▶ **PROBLEM DETAILS**: Look through the listing below and work out how many of its lines hold the word "after". Give only the number.

▶ **DATA FOR THE TASK**:

────

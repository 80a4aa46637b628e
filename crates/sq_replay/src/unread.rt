// The tuples of a text, line by line.
ghost use Rattle.std.specs.Prelude.{◌≡◌, ◌<◌, ◌≤◌, ◌++◌, ◌∷◌, [], ◌+◌, ℕ, List, None, IfOk, IfSome, MatchOption, OnErr, OnOk, drop, length};
ghost use Rattle.sq_value.specs.declared.Kind.{Kind as K};
ghost use Rattle.sq_replay.specs.FileLines.{pieces_of, without_mark};
ghost use Rattle.sq_replay.specs.RecordedTuples.{and_then, tuples_recorded, tuples_left};
ghost use Rattle.sq_replay.specs.Streams.{tuple_of_line};
ghost use Rattle.sq_replay.specs.RestOfText.{all_to_come, unread_tuples, with_next};

use crate::line::{TupleErr, read_tuple};
use crate::plain::read_into;
use crate::stream::{piece_at, without_return};
use sq_csv::stands_at;
use sq_value::{Kind, Tuple, Value};
use std::alloc::{AllocError, Global};
use std::collections::VecDeque;

/// A text of which the lines from a place on are still to be read.
#[derive(Drop)]
pub(crate) struct Unread {
    text: Vec<u8>,
    at: usize,
    kinds: Vec<Kind>,
    latest: u64,
    // Where a field that stands in quotes is put.
    unquoted: Vec<u8>,
    // Whether the last line that was cut off ended in CR LF: the next one most likely does too.
    returns: bool,
}

/// How many bytes a mark of byte order takes at the start.
fn mark_length(bytes: &[u8]) -> usize
    ensures mark { drop result bytes.now ≡ without_mark bytes.now }
    ensures within { result ≤ length bytes.now }
{
    match bytes {
        [0xEF, 0xBB, 0xBF, ..] => 3,
        _ => 0,
    }
}

impl Unread {
    /// A stream file of which nothing is read yet.
    fn new(alloc: Global, text: Vec<u8>, kinds: &[Kind]) -> Result<Unread, AllocError>
        ensures { IfOk result (λ u. unread_tuples u ≡ tuples_left kinds.now 0 (pieces_of (without_mark text.items))) }
    {
        let at = mark_length(&text);
        let kinds = Vec::from_slice(alloc, kinds)?;
        Ok(Unread {
            text,
            at,
            kinds,
            latest: 0,
            unquoted: Vec::new(alloc),
            returns: false,
        })
    }

    /// No text.
    pub(crate) fn none(alloc: Global) -> Unread
        ensures { unread_tuples result ≡ [] }
    {
        Unread {
            text: Vec::new(alloc),
            at: 0,
            kinds: Vec::new(alloc),
            latest: 0,
            unquoted: Vec::new(alloc),
            returns: false,
        }
    }
}

/// The first line of a text from a place on that isn't empty, and where the next one begins.
#[inline(always)]
fn next_line(text: &[u8], at: usize) -> Option<(&[u8], usize)>
    ensures line { MatchOption result ((ks : List K) (latest : ℕ) → tuples_recorded ks latest text.now at ≡ [])
        (λ p. (ks : List K) (latest : ℕ) → tuples_recorded ks latest text.now at ≡ and_then (tuple_of_line ks latest p.0.now) (λ t. tuples_recorded ks t.time text.now p.1)) }
    ensures further { IfSome result (λ p. (at < p.1) × (p.1 ≤ length text.now + 1)) }
{
    let mut next = at;
    while next <= text.len() {
        let (piece, behind) = piece_at(text, next);
        next = behind;
        let line = without_return(piece);
        if !line.is_empty() {
            return Some((line, next));
        }
    }
    None
}

/// Puts all tuples of a text from a place on behind others.
pub(crate) fn read_rest(
    alloc: Global,
    kinds: &[Kind],
    after: u64,
    text: &[u8],
    from: usize,
    tuples: &mut Vec<Tuple>,
) -> Result<(), AllocError>
    ensures { OnOk result (tuples.new.items ≡ tuples.old.items ++ tuples_recorded kinds.now after text.now from) }
{
    let mut unquoted = Vec::new(alloc);
    let (mut latest, mut at) = (after, from);
    while let Some((line, next)) = next_line(text, at) {
        match read_tuple(alloc, kinds, 0, latest, line, &mut unquoted) {
            Ok(tuple) => {
                latest = tuple.time;
                at = next;
                tuples.push(tuple)?;
            }
            Err(TupleErr::Bad(_)) => return Ok(()),
            Err(TupleErr::Memory) => return Err(AllocError),
        }
    }
    Ok(())
}

/// Reads the next tuple of a text, where there is one.
#[inline(never)]
fn read_next(unread: &mut Unread) -> Result<Option<Tuple>, AllocError>
    ensures read { IfOk result (λ o. with_next o (unread_tuples unread.new) ≡ unread_tuples unread.old) }
    ensures err { OnErr result (unread_tuples unread.new ≡ unread_tuples unread.old) }
{
    let alloc = *unread.text.allocator();
    let Some((line, next)) = next_line(&unread.text, unread.at) else {
        return Ok(None);
    };
    match read_tuple(
        alloc,
        &unread.kinds,
        0,
        unread.latest,
        line,
        &mut unread.unquoted,
    ) {
        Ok(tuple) => {
            unread.latest = tuple.time;
            unread.at = next;
            unread.returns = next >= 2 && stands_at(&unread.text, next - 2, b'\r');
            Ok(Some(tuple))
        }
        Err(TupleErr::Bad(_)) => Ok(None),
        Err(TupleErr::Memory) => Err(AllocError),
    }
}

/// Reads the next tuple of a text in place, where its line lets itself be read so. None says nothing, and then none is read.
#[inline(always)]
fn read_in_place(unread: &mut Unread, values: Vec<Value>) -> Result<Option<Tuple>, AllocError>
    requires empty { values.items ≡ [] }
    ensures read { IfOk result (λ o. IfSome o (λ t. t ∷ unread_tuples unread.new ≡ unread_tuples unread.old)) }
    ensures none { IfOk result (λ o. o ≡ None → unread_tuples unread.new ≡ unread_tuples unread.old) }
    ensures err { OnErr result (unread_tuples unread.new ≡ unread_tuples unread.old) }
{
    if unread.returns || unread.at > unread.text.len() {
        return Ok(None);
    }
    let alloc = *unread.text.allocator();
    let mut end = 0usize;
    let Some(tuple) = read_into(
        alloc,
        &unread.kinds,
        unread.latest,
        &unread.text,
        unread.at,
        &mut unread.unquoted,
        values,
        &mut end,
    )?
    else {
        return Ok(None);
    };
    unread.latest = tuple.time;
    unread.at = end + 1;
    Ok(Some(tuple))
}

/// The first tuple of a stream file, where there is one, and what stands behind it.
pub(crate) fn begun(
    alloc: Global,
    text: Vec<u8>,
    kinds: &[Kind],
) -> Result<(Option<Tuple>, Unread), AllocError>
    ensures { IfOk result (λ p. with_next p.0 (unread_tuples p.1) ≡ tuples_left kinds.now 0 (pieces_of (without_mark text.items))) }
{
    let mut unread = Unread::new(alloc, text, kinds)?;
    let next = read_next(&mut unread)?;
    Ok((next, unread))
}

/// Takes the tuple that stands first, of a list or else of a text, where there is one.
#[inline(never)]
fn take_first(
    listed: &mut VecDeque<Tuple>,
    unread: &mut Unread,
) -> Result<Option<Tuple>, AllocError>
    ensures taken { IfOk result (λ o. all_to_come o listed.new.items unread.new ≡ listed.old.items ++ unread_tuples unread.old) }
    ensures err { OnErr result (listed.new.items ++ unread_tuples unread.new ≡ listed.old.items ++ unread_tuples unread.old) }
{
    if listed.is_empty() {
        return read_next(unread);
    }
    Ok(listed.pop_front())
}

/// Takes the next tuple, where there is one, and reads the one behind it ahead; the values of that one may go into an empty vector. What is
/// read in place is put in its place at once: where it met what comes by other ways it would be copied, and the copy would wait for what was
/// just written.
pub(crate) fn take_next(
    next: &mut Option<Tuple>,
    listed: &mut VecDeque<Tuple>,
    unread: &mut Unread,
    values: Vec<Value>,
) -> Result<Option<Tuple>, AllocError>
    requires empty { values.items ≡ [] }
    ensures taken { IfOk result (λ o. MatchOption o
        ((all_to_come next.old listed.old.items unread.old ≡ []) × (all_to_come next.new listed.new.items unread.new ≡ []))
        (λ t. all_to_come next.old listed.old.items unread.old ≡ t ∷ all_to_come next.new listed.new.items unread.new)) }
    ensures err { OnErr result (all_to_come next.new listed.new.items unread.new ≡ all_to_come next.old listed.old.items unread.old) }
{
    if next.is_none() {
        return Ok(None);
    }
    if listed.is_empty() {
        if let Some(tuple) = read_in_place(unread, values)? {
            return Ok(next.replace(tuple));
        }
    }
    let behind = take_first(listed, unread)?;
    Ok(std::mem::replace(next, behind))
}

/// All tuples that are left, in order.
pub(crate) fn all_left(
    alloc: Global,
    next: Option<Tuple>,
    mut listed: VecDeque<Tuple>,
    unread: Unread,
) -> Result<Vec<Tuple>, AllocError>
    ensures { IfOk result (λ v. v.items ≡ all_to_come next listed.items unread) }
{
    let Some(first) = next else {
        return Ok(Vec::new(alloc));
    };
    listed.push_front(first)?;
    let mut tuples = Vec::from(listed);
    read_rest(
        alloc,
        &unread.kinds,
        unread.latest,
        &unread.text,
        unread.at,
        &mut tuples,
    )?;
    Ok(tuples)
}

────

▶ **ANSWER TO THE EXERCISE**: 3